Features

REVIEW: Dust Bunny Mafia

Written by Jose Caraballo

Bret Juliano‘s webcomic Dust Bunny Mafia has been online and running since 2011, and features the illicit dealings and everyday goings-on of sentient dust bunnies, who run rackets against the Rats (actual rats), while also trying to stay clear of Mickey Potatoes, a morally ambiguous bird detective out to stop the Dust Bunny Mafia (although he spends an equal amount of time collaborating with them as well). The character designs are simplistic, with each individual dust bunny character being a fuzzy blob of different colors, often wearing a fedora or other type of hat, and with over-sized bunny ears. The three panel comic layout is easy enough to follow as well, and the comic itself could be a cute, funny, diversionary conceit. Despite the ease of getting into the world, the details of it are lacking.

Leo the Boss and Benny the Bookie launder their earnings

Leo the Boss and Benny the Bookie launder their earnings

The comic tends to stick mainly to gags or wordplay, occasionally throwing in a pop culture reference (Sonic the Hedgehog shows up in one of the later entries), and many of the jokes elicit little more than a smile or grin. The simplicity of the character designs, again, while making the characters cute, add little to make them distinct. The only memorable characters (without referencing Juliano’s character breakdown page) are Frankie the Force (since he is the most massive), Lucy Leadfoot (since she is the only female), and Mickey Potatoes (since he is the only recurring non-dust-bunny character). The other characters are thrown in as needed in service of the jokes, not necessarily adding much of anything to what the story may be, and while reading there were frequent referrals to the character page to remember who was who and what they did. Throughout nearly the entirety of the first years’ worth of strips, it was difficult to know not only what the story was, but what every character’s motivation was as well. It is also unclear whether the strip had a main character, which is problematic since a clear main character makes it easy to become invested in the strip and to have a point of reference. Moving from one daily strip to the next would prove much more enjoyable if there were a clear main character with whom to use as a point of reference, and the relationships between the other characters would be stronger and clearer as well.
Dust Bunny Mafia, for the most part, is a series of mostly unrelated jokes in the classic “setup-setup-punchline” style. The first years’ worth of strips touched upon one or two extended story lines, but never fully developed them; in fact, there was more than one instance of an extended story being interrupted with an unrelated joke, sometimes featuring the same characters featured in the initial story. With a structure this confusing, it seemed as if Juliano simply had no idea how to best exploit the conceit of his own comic: should he try telling a long-form story, or should he continue doing one-off jokes? Even within the confines of a three-panel layout, Juliano can greatly expand his characters, giving them some depth, and to further explore the universe he’d created. But as it is, it plays out mainly as a series of vignettes, each seemingly unrelated to the strip that preceded it.

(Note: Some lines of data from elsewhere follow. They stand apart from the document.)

//! The three sections, checked while they are read.

ghost use Rattle.std.specs.Prelude.{◌≡◌, ◌+◌, ◌-◌, ◌<◌, ◌≤◌, ◌^◌, ◌++◌, All, map, length, None, IfOk};
ghost use Rattle.base.specs.Devices.{Reads, FailsOnce};
ghost use Rattle.lrat.specs.Courses.{at_formula};
ghost use Rattle.lrat.specs.declared.formula.Formula.{Formula as AFormula};
ghost use Rattle.cnf.specs.Clauses.{gates_at, literal};
ghost use Rattle.cnf.specs.Formulas.{IsInRange, bad_formula};
ghost use Rattle.certificate.specs.Reading.{section_at};
ghost use Rattle.certificate.specs.Streams.{FindsWith, letter_of};
ghost use Rattle.certificate.specs.declared.reader_error.ReaderError.TheVariants.{Device};
ghost use Rattle.extension.specs.Accepted.{begin_formula, pair_formula};
ghost use Rattle.extension.specs.Inductive.{IsOverAll};
ghost use Rattle.certificate3.specs.Reading.{later_at, proofs_at, shown_at};
ghost use Rattle.checker3.specs.Judged.{HasLater, HasProofs, HoldsFirst, HoldsNext, IsDerived, IsRefuted};

use crate::lines::{Timed, check_hints, feed_section};
use base::{Lists, Refused, Source};
use certificate::{Reader, ReaderError, SectionKind, skip_section};
use certificate3::{skip_hints, skip_later};
use cnf::{TimeFrame, bad_row, begin_row, gates_of, pair_row};
use graph::{Lit, Model};
use lrat::{Fault, GateLiterals, Refuter};
use std::alloc::Global;

/// Clauses over a circuit that exclude one of its literals.
#[derive(Clone, Copy)]
pub struct Claims<'a> {
    /// the circuit
    pub circuit: &'a Model,
    /// the clauses
    pub invariant: &'a Lists<Lit>,
    /// the literal
    pub bad: Lit,
}

/// The refuter of the first time.
fn begin_refuter<'a>(
    alloc: Global,
    circuit: &Model,
    gates: &'a [GateLiterals],
) -> Result<Refuter<'a>, Refused>
    requires gates { gates.now ≡ gates_at circuit.now }
    ensures { IfOk result (λ r. r ≡ at_formula (begin_formula circuit.now)) }
{
    circuit.well_formed();
    let clauses = begin_row(alloc, circuit, gates)?;
    Refuter::over(alloc, circuit.max_var() + 1, clauses)
}

/// The refuter of a step.
fn pair_refuter<'a>(
    alloc: Global,
    circuit: &Model,
    gates: &'a [GateLiterals],
    invariant: &Lists<Lit>,
) -> Result<Refuter<'a>, Refused>
    requires gates { gates.now ≡ gates_at circuit.now }
    requires over { All (IsOverAll circuit.now) invariant.now }
    requires few { length invariant.now ≤ 4194303 }
    ensures { IfOk result (λ r. r ≡ at_formula (pair_formula circuit.now invariant.now)) }
{
    circuit.well_formed();
    let clauses = pair_row(alloc, circuit, gates, invariant)?;
    Refuter::over(alloc, 2 * (circuit.max_var() + 1), clauses)
}

/// The refuter of the literal.
fn bad_refuter<'a>(
    alloc: Global,
    claims: Claims,
    gates: &'a [GateLiterals],
) -> Result<Refuter<'a>, Refused>
    requires gates { gates.now ≡ gates_at claims.circuit.now }
    requires over { All (IsOverAll claims.circuit.now) claims.invariant.now }
    requires few { length claims.invariant.now ≤ 4194303 }
    requires bad { IsInRange claims.circuit.now.max_var claims.bad }
    ensures { IfOk result (λ r. r ≡ at_formula (bad_formula claims.entry.circuit.now claims.entry.invariant.now claims.entry.bad)) }
{
    claims.circuit.well_formed();
    let clauses = bad_row(alloc, claims.circuit, gates, claims.invariant, claims.bad)?;
    Refuter::over(alloc, claims.circuit.max_var() + 1, clauses)
}

/// Reads a section with the hints behind it, and checks that they show each clause from what the
/// refuter has. After the first fault they are only read.
fn check_shown<S: Source>(
    alloc: Global,
    kind: SectionKind,
    refuter: &mut Refuter,
    timed: Timed,
    reader: &mut Reader,
    from: &mut S,
) -> Result<Option<Fault>, ReaderError>
    requires source { S.failed from.old < 2 ^ 64 - 1 }
    requires fresh { refuter.old.refusal ≡ None }
    requires fits { timed.time.offset + timed.time.max_var + 1 < 2 ^ 31 }
    requires over { All (All (IsInRange timed.time.max_var)) timed.clauses.now }
    requires few { length timed.clauses.now ≤ 4194303 }
    ensures says { (f : AFormula) → refuter.old ≡ at_formula f → Reads (S.leaves from.old) (S.leaves from.new) (λ ys zs. FindsWith (IsDerived f (map (map (literal timed.entry.time.max_var timed.entry.time.offset)) timed.entry.clauses.now)) (shown_at (letter_of kind) (length timed.entry.clauses.now) (reader.old.held ++ ys)) result reader.new.held zs) }
    ensures device { FailsOnce result Device (S.failed from.old) (S.failed from.new) }
{
    let found = feed_section(alloc, kind, refuter, reader, from)?;
    if let Some(fault) = found {
        skip_hints(alloc, timed.clauses.len() as u32, reader, from)?;
        return Ok(Some(fault));
    }
    check_hints(alloc, refuter, timed, reader, from)
}

/// Reads the section of the first time, and checks it.
fn check_first<S: Source>(
    alloc: Global,
    claims: Claims,
    gates: &[GateLiterals],
    reader: &mut Reader,
    from: &mut S,
) -> Result<Option<Fault>, ReaderError>
    requires source { S.failed from.old < 2 ^ 64 - 1 }
    requires gates { gates.now ≡ gates_at claims.circuit.now }
    requires over { All (IsOverAll claims.circuit.now) claims.invariant.now }
    requires few { length claims.invariant.now ≤ 4194303 }
    ensures says { Reads (S.leaves from.old) (S.leaves from.new) (λ ys zs. FindsWith (HoldsFirst claims.entry.circuit.now claims.entry.invariant.now) (shown_at 105 (length claims.entry.invariant.now) (reader.old.held ++ ys)) result reader.new.held zs) }
    ensures device { FailsOnce result Device (S.failed from.old) (S.failed from.new) }
{
    claims.circuit.well_formed();
    let timed = Timed {
        time: TimeFrame::first(claims.circuit),
        clauses: claims.invariant,
    };
    let mut refuter = begin_refuter(alloc, claims.circuit, gates)?;
    check_shown(
        alloc,
        SectionKind::Initial,
        &mut refuter,
        timed,
        reader,
        from,
    )
}

/// Reads the section of a step, and checks it.
fn check_step<S: Source>(
    alloc: Global,
    claims: Claims,
    gates: &[GateLiterals],
    reader: &mut Reader,
    from: &mut S,
) -> Result<Option<Fault>, ReaderError>
    requires source { S.failed from.old < 2 ^ 64 - 1 }
    requires gates { gates.now ≡ gates_at claims.circuit.now }
    requires over { All (IsOverAll claims.circuit.now) claims.invariant.now }
    requires few { length claims.invariant.now ≤ 4194303 }
    ensures says { Reads (S.leaves from.old) (S.leaves from.new) (λ ys zs. FindsWith (HoldsNext claims.entry.circuit.now claims.entry.invariant.now) (shown_at 115 (length claims.entry.invariant.now) (reader.old.held ++ ys)) result reader.new.held zs) }
    ensures device { FailsOnce result Device (S.failed from.old) (S.failed from.new) }
{
    claims.circuit.well_formed();
    let timed = Timed {
        time: TimeFrame::after(claims.circuit, 1),
        clauses: claims.invariant,
    };
    let mut refuter = pair_refuter(alloc, claims.circuit, gates, claims.invariant)?;
    check_shown(alloc, SectionKind::Step, &mut refuter, timed, reader, from)
}

/// Reads the last section, and checks that it refutes what the refuter has.
fn check_refuted<S: Source>(
    alloc: Global,
    refuter: &mut Refuter,
    reader: &mut Reader,
    from: &mut S,
) -> Result<Option<Fault>, ReaderError>
    requires source { S.failed from.old < 2 ^ 64 - 1 }
    requires fresh { refuter.old.refusal ≡ None }
    ensures says { (f : AFormula) → refuter.old ≡ at_formula f → Reads (S.leaves from.old) (S.leaves from.new) (λ ys zs. FindsWith (IsRefuted f) (section_at 98 (reader.old.held ++ ys)) result reader.new.held zs) }
    ensures device { FailsOnce result Device (S.failed from.old) (S.failed from.new) }
{
    let found = feed_section(alloc, SectionKind::Bad, refuter, reader, from)?;
    if let Some(fault) = found {
        return Ok(Some(fault));
    }
    match refuter.finish() {
        Ok(()) => Ok(None),
        Err(fault) => Ok(Some(fault)),
    }
}

/// Reads the last two sections, and checks them. After the first fault they are only read.
fn check_later<S: Source>(
    alloc: Global,
    claims: Claims,
    gates: &[GateLiterals],
    reader: &mut Reader,
    from: &mut S,
) -> Result<Option<Fault>, ReaderError>
    requires source { S.failed from.old < 2 ^ 64 - 1 }
    requires gates { gates.now ≡ gates_at claims.circuit.now }
    requires over { All (IsOverAll claims.circuit.now) claims.invariant.now }
    requires few { length claims.invariant.now ≤ 4194303 }
    requires bad { IsInRange claims.circuit.now.max_var claims.bad }
    ensures says { Reads (S.leaves from.old) (S.leaves from.new) (λ ys zs. FindsWith (HasLater claims.entry.circuit.now claims.entry.bad claims.entry.invariant.now) (later_at (length claims.entry.invariant.now) (reader.old.held ++ ys)) result reader.new.held zs) }
    ensures device { FailsOnce result Device (S.failed from.old) (S.failed from.new) }
{
    let found = check_step(alloc, claims, gates, reader, from)?;
    if let Some(fault) = found {
        skip_section(alloc, SectionKind::Bad, reader, from)?;
        return Ok(Some(fault));
    }
    let mut refuter = bad_refuter(alloc, claims, gates)?;
    check_refuted(alloc, &mut refuter, reader, from)
}

/// Reads the three sections, and checks them. After the first fault they are only read. One refuter
/// is held at a time.
pub fn check_proofs<S: Source>(
    alloc: Global,
    claims: Claims,
    reader: &mut Reader,
    from: &mut S,
) -> Result<Option<Fault>, ReaderError>
    requires source { S.failed from.old < 2 ^ 64 - 1 }
    requires over { All (IsOverAll claims.circuit.now) claims.invariant.now }
    requires few { length claims.invariant.now ≤ 4194303 }
    requires bad { IsInRange claims.circuit.now.max_var claims.bad }
    ensures says { Reads (S.leaves from.old) (S.leaves from.new) (λ ys zs. FindsWith (HasProofs claims.entry.circuit.now claims.entry.bad claims.entry.invariant.now) (proofs_at (length claims.entry.invariant.now) (reader.old.held ++ ys)) result reader.new.held zs) }
    ensures device { FailsOnce result Device (S.failed from.old) (S.failed from.new) }
{
    let gates = gates_of(alloc, claims.circuit)?;
    let found = check_first(alloc, claims, gates.as_slice(), reader, from)?;
    if let Some(fault) = found {
        skip_later(alloc, claims.invariant.len() as u32, reader, from)?;
        return Ok(Some(fault));
    }
    check_later(alloc, claims, gates.as_slice(), reader, from)
}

Benny the Bookie, Leo the Boss, and Jimmy the Nose

Benny the Bookie, Leo the Boss, and Jimmy the Nose

While webcomics are commonly focused on telling jokes, there can be a tact and skill to it that engages the reader fully and adds to the enjoyment of the strip. Joke-based webcomics such as XKCD, and Toothpaste For Dinner, can often tell a great joke in as little as one panel. Other webcomics can engage the reader by telling a great, compelling story (such is the case with Black Is The Color, which also boasts beautiful artwork), while yet other web comics successfully combine both methods, at once both engaging the reader and developing the characters (such as with the ever-funny Dr. McNinja). Juliano’s strip, however, makes no assertion either way. With little personality to each character, little clarity on each character’s point or motivation, little clarity as to whether the world of the webcomic is populated with anthropomorphic dust bunnies and animals, or whether it is a world that exists underneath the beds and furniture…without any explanation as to the very logic of its own world, it is difficult to fully engage with the comic (an example of this unclarity within the strip’s universe: in one strip, the characters are startled by an M&M that has fallen into their presence; to them the candy is massive. Presumably, the comic’s world takes place underneath a bed or dresser. However, a later strip shows the dust bunny characters driving a car, or working on a computer, and these items are scaled to their size. I guess they live in a scaled world that just happens to be populated by fantastical characters.)

If Juliano focused fully on what he had to say about the world he’d created, he could potentially have a great webcomic in his hands. There is plenty of potential here, and Juliano is a skilled artist and knows how to structure a joke. He clearly has a good mind for humor. As the webcomic continued into its more recent edition, it seemed to develop more long-form story lines. The lack of character development remained, though, and crowd-sourcing content after three years of being online seems like a symptom of not knowing where to take the comic. Again, if Juliano focuses on the characters and logic of his world a bit more, it would translate into a more successful experience and grow his fanbase. There is room for growth and potential with these cute characters that would greatly benefit from some cohesion and structural consistency.